### RECORDS SUPPLIED
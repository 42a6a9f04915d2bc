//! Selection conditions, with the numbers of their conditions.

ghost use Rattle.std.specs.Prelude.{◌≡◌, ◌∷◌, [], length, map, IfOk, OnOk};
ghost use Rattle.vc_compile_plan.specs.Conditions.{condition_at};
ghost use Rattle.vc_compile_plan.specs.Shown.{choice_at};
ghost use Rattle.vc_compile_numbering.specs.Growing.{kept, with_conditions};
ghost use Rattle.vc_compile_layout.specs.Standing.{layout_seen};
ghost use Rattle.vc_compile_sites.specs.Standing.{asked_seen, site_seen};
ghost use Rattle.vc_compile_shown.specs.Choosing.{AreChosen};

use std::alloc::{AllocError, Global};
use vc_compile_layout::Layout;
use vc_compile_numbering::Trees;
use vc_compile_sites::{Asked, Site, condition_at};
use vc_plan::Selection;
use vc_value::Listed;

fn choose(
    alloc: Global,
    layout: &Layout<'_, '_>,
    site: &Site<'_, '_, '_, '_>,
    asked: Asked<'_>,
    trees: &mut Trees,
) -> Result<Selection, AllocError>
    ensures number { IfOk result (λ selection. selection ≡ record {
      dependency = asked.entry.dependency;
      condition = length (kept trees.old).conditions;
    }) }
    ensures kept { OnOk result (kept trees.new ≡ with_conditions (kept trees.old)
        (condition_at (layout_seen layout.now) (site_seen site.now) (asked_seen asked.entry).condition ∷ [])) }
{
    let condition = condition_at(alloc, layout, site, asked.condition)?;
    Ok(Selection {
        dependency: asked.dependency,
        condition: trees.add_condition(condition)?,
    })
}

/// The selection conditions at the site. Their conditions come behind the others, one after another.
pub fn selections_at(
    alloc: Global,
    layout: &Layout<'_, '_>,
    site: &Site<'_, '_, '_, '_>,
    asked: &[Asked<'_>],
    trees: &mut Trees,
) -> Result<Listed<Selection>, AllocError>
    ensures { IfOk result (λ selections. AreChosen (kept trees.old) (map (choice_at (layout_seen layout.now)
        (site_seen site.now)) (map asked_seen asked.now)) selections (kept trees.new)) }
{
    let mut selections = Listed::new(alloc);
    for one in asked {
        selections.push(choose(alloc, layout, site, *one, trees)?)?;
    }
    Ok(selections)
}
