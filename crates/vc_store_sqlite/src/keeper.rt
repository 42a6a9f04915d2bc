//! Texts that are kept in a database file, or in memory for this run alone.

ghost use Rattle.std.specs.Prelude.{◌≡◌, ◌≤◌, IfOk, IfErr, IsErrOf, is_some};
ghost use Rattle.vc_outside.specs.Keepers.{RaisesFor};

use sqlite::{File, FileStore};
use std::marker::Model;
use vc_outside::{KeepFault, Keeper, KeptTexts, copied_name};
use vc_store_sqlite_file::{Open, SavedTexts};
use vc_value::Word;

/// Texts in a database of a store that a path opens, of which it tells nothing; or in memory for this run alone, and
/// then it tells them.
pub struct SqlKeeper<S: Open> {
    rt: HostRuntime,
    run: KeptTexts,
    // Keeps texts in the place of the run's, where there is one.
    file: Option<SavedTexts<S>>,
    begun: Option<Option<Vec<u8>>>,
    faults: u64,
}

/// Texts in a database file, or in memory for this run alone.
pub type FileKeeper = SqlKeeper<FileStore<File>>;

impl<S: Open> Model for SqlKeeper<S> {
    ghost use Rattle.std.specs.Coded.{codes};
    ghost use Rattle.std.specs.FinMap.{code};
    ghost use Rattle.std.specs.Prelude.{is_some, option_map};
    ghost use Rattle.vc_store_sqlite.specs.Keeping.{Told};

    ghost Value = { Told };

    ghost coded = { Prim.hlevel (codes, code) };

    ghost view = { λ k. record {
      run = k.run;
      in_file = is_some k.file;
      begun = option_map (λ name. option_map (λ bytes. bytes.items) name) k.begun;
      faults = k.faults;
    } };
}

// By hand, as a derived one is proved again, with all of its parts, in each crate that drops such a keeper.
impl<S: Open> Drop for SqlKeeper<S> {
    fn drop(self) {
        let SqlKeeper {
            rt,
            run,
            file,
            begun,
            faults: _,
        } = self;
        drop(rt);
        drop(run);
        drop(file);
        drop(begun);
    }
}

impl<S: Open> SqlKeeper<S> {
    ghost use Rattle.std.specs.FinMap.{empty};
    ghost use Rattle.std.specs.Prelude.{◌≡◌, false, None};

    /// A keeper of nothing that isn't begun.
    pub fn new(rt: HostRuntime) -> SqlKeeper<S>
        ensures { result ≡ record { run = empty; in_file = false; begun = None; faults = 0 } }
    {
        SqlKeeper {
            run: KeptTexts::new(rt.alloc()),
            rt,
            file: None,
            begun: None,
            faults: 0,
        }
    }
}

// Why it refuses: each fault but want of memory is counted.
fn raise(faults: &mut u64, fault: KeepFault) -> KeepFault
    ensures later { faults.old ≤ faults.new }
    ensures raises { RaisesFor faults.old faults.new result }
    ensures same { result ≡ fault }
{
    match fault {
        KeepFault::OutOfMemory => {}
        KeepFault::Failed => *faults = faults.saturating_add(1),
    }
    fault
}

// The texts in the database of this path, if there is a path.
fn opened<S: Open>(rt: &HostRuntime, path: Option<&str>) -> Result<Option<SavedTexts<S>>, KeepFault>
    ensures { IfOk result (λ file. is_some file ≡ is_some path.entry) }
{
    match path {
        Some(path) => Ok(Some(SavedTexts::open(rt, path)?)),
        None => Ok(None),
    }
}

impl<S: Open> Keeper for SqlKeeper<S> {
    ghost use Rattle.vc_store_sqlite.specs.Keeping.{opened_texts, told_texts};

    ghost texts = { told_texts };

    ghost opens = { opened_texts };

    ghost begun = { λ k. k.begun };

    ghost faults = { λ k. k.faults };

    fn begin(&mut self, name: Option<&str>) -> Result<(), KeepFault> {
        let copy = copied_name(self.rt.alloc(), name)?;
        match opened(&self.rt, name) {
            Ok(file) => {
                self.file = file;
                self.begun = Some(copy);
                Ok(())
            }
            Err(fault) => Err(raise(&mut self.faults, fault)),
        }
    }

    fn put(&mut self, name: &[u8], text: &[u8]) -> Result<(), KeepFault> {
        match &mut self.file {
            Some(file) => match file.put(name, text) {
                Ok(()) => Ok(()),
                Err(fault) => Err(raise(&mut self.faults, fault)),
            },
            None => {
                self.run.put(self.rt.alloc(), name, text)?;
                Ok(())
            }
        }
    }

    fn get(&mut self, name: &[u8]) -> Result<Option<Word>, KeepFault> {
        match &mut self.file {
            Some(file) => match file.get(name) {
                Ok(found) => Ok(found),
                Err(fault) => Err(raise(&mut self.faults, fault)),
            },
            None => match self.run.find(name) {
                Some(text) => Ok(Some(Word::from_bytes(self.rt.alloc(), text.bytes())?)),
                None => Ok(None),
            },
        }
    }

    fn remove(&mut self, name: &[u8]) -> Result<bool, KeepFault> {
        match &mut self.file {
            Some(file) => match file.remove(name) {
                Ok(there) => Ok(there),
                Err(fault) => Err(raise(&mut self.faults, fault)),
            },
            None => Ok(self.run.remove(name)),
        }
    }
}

---

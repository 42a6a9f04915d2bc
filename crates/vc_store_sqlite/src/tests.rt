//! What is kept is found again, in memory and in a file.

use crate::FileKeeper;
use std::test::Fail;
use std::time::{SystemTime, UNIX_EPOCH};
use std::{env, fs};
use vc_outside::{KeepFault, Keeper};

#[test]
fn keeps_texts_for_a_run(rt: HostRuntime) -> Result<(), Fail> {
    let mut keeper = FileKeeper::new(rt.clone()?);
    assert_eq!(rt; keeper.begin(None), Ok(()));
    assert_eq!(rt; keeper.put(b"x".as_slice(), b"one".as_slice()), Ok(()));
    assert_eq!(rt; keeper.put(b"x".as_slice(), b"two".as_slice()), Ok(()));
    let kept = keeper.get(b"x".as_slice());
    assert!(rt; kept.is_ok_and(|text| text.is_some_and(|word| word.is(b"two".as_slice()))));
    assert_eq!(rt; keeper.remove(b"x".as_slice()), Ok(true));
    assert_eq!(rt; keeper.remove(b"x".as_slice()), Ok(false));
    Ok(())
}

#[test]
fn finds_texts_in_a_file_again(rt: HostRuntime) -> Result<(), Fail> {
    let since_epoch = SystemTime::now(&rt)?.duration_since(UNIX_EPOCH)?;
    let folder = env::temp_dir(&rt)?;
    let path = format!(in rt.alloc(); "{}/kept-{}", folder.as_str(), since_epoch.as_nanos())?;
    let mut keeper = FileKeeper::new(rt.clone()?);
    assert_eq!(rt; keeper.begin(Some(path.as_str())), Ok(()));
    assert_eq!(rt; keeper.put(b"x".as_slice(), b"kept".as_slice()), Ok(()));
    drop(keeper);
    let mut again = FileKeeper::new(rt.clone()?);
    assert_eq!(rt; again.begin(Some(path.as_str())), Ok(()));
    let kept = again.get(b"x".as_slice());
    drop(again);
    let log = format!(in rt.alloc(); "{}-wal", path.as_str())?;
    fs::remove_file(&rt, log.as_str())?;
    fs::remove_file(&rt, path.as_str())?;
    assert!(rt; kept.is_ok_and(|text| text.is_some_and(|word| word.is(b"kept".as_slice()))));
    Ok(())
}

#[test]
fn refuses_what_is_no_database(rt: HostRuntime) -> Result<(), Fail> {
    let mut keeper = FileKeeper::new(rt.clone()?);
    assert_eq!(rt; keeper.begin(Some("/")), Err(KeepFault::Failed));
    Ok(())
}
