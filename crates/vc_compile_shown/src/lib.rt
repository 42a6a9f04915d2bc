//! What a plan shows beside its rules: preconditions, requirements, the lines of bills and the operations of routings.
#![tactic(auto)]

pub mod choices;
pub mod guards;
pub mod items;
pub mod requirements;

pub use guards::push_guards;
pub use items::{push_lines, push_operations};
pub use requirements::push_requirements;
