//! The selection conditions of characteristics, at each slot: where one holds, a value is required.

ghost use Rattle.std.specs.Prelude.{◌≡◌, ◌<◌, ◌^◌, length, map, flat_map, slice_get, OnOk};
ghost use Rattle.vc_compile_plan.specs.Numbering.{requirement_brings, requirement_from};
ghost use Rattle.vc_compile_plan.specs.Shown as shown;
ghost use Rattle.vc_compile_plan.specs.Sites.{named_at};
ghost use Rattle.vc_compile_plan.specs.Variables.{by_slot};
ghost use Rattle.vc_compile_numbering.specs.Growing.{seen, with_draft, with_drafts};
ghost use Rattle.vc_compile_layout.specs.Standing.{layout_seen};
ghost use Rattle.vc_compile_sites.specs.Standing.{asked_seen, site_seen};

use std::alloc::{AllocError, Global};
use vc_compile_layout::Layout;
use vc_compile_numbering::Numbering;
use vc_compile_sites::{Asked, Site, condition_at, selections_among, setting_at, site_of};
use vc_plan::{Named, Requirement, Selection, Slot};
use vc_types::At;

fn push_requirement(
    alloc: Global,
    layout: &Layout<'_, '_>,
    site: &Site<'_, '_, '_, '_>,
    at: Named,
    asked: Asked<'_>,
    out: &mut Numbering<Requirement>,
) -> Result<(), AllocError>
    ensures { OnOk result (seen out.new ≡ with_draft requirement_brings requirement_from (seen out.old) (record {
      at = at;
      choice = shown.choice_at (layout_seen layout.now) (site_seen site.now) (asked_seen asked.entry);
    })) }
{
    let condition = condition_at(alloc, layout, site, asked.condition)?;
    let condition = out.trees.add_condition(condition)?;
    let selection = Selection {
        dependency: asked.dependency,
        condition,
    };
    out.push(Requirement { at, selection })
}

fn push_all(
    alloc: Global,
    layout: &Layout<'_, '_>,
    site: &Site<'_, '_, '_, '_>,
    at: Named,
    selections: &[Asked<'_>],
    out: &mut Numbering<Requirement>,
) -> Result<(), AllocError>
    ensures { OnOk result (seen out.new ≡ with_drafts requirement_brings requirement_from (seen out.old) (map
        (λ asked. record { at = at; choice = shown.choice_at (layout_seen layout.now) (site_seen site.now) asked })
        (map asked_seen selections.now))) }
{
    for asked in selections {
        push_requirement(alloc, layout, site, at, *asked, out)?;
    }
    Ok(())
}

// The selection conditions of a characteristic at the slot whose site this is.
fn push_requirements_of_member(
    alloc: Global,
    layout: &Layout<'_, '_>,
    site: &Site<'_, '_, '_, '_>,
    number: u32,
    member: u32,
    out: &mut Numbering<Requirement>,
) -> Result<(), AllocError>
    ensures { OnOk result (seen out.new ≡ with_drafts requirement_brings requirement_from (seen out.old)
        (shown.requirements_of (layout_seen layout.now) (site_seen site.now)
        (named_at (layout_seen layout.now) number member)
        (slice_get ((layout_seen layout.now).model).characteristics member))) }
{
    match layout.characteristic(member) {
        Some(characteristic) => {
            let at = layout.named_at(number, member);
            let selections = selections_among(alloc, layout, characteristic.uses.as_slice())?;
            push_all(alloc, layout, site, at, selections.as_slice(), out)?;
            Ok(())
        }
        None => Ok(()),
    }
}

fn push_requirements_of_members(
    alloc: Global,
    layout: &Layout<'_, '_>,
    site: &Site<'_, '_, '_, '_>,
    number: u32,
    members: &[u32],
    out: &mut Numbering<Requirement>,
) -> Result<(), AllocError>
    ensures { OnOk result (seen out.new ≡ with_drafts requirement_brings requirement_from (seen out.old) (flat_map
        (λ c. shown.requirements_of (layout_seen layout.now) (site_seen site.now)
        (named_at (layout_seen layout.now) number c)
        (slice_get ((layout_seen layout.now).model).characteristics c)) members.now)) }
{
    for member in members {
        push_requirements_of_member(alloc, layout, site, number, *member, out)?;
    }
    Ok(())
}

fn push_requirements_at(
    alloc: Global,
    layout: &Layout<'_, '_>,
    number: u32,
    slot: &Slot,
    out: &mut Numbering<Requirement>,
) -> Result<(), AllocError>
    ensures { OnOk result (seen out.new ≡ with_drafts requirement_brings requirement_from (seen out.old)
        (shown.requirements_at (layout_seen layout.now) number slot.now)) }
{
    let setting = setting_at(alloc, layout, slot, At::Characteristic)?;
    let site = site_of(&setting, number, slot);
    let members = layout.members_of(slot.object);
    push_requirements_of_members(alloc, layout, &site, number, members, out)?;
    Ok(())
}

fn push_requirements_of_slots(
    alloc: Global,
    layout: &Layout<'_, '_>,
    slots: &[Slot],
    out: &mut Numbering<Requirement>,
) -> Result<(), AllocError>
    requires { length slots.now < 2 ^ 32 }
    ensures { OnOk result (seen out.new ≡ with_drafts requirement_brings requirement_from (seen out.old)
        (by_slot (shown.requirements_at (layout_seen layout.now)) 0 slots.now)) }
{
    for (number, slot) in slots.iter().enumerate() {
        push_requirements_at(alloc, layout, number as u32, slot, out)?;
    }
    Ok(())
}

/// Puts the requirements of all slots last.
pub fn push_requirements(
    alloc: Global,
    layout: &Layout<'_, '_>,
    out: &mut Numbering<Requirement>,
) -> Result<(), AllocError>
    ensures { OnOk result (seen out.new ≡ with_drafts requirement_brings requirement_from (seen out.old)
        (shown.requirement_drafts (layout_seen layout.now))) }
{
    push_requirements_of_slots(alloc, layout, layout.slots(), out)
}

--

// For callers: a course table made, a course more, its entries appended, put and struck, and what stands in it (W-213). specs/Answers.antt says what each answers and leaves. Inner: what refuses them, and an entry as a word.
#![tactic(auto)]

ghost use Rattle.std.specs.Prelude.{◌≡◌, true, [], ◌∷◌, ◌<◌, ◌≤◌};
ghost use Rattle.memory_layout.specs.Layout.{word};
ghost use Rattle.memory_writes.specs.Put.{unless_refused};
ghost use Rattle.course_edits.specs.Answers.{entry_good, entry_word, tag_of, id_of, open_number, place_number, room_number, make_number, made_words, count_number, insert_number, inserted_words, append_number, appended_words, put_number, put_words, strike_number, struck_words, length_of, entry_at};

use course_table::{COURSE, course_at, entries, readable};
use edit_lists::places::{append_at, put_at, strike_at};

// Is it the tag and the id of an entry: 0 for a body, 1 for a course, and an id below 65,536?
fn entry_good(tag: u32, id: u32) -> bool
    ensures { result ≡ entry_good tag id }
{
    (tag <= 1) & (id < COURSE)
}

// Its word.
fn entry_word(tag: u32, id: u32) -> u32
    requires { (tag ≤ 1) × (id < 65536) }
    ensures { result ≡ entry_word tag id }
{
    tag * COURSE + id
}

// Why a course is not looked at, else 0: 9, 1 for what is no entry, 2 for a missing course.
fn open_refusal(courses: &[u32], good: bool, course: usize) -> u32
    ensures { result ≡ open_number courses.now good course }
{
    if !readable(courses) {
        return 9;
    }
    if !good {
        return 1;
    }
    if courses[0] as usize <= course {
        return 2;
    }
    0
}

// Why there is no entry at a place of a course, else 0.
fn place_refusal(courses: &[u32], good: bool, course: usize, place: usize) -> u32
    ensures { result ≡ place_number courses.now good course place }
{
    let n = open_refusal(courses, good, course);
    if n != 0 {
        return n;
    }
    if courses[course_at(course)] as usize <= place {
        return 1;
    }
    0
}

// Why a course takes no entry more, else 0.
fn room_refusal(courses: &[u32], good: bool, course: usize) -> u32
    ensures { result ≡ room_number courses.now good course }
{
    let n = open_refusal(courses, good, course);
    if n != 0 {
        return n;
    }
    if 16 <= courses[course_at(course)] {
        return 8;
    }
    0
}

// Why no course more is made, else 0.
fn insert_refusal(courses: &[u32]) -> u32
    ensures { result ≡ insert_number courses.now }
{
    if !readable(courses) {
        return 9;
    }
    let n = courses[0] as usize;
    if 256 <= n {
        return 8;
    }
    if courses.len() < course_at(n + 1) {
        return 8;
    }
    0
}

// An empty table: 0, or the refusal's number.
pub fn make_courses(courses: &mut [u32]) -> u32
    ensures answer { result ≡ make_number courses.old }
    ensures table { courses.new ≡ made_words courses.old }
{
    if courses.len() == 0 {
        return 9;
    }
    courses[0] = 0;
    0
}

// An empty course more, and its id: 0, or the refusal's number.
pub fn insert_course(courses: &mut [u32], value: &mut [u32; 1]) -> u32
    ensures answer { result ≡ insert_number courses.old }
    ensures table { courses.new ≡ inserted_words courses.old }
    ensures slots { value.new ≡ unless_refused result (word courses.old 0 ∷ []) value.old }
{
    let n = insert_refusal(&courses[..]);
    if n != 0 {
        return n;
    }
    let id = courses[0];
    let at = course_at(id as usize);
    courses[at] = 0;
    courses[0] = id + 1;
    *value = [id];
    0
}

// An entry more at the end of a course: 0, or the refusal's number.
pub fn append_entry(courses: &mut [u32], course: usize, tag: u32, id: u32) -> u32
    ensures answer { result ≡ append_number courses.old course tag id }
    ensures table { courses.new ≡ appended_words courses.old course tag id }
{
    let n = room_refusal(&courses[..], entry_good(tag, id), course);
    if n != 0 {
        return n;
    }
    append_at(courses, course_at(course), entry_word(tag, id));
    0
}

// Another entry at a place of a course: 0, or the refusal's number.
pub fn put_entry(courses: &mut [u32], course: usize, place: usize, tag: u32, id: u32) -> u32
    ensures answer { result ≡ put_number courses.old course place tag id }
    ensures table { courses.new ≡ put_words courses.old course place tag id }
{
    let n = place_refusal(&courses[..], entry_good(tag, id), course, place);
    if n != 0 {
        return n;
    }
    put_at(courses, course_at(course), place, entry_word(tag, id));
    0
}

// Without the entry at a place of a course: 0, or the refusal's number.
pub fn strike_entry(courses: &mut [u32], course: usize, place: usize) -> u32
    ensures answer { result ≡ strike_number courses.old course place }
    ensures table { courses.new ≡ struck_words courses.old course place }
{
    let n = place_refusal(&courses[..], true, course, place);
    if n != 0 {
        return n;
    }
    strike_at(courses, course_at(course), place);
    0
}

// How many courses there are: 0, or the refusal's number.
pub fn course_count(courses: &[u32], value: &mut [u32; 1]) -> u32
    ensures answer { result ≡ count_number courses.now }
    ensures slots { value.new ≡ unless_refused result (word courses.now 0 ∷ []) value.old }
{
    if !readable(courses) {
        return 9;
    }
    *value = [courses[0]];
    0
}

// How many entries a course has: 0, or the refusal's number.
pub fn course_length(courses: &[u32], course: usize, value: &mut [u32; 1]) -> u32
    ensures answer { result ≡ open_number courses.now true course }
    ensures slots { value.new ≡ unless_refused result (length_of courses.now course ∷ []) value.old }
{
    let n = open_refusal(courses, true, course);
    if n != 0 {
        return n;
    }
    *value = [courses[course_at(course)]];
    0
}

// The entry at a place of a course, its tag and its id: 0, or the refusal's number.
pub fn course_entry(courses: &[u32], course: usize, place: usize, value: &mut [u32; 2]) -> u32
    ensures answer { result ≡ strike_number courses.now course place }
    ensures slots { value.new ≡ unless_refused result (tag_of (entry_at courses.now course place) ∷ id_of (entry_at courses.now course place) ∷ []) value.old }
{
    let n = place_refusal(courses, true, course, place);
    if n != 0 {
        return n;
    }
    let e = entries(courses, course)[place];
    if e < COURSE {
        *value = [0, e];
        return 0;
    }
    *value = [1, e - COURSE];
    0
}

### ACTIVITY
An exact copy of the lines above, from the one containing "if 256 <= n" through the one containing "id), course, place);", is the whole of the answer.

### SOLUTION TO THIS TASK
    if 256 <= n {
        return 8;
    }
    if courses.len() < course_at(n + 1) {
        return 8;
    }
    0
}

// An empty table: 0, or the refusal's number.
pub fn make_courses(courses: &mut [u32]) -> u32
    ensures answer { result ≡ make_number courses.old }
    ensures table { courses.new ≡ made_words courses.old }
{
    if courses.len() == 0 {
        return 9;
    }
    courses[0] = 0;
    0
}

// An empty course more, and its id: 0, or the refusal's number.
pub fn insert_course(courses: &mut [u32], value: &mut [u32; 1]) -> u32
    ensures answer { result ≡ insert_number courses.old }
    ensures table { courses.new ≡ inserted_words courses.old }
    ensures slots { value.new ≡ unless_refused result (word courses.old 0 ∷ []) value.old }
{
    let n = insert_refusal(&courses[..]);
    if n != 0 {
        return n;
    }
    let id = courses[0];
    let at = course_at(id as usize);
    courses[at] = 0;
    courses[0] = id + 1;
    *value = [id];
    0
}

// An entry more at the end of a course: 0, or the refusal's number.
pub fn append_entry(courses: &mut [u32], course: usize, tag: u32, id: u32) -> u32
    ensures answer { result ≡ append_number courses.old course tag id }
    ensures table { courses.new ≡ appended_words courses.old course tag id }
{
    let n = room_refusal(&courses[..], entry_good(tag, id), course);
    if n != 0 {
        return n;
    }
    append_at(courses, course_at(course), entry_word(tag, id));
    0
}

// Another entry at a place of a course: 0, or the refusal's number.
pub fn put_entry(courses: &mut [u32], course: usize, place: usize, tag: u32, id: u32) -> u32
    ensures answer { result ≡ put_number courses.old course place tag id }
    ensures table { courses.new ≡ put_words courses.old course place tag id }
{
    let n = place_refusal(&courses[..], entry_good(tag, id), course, place);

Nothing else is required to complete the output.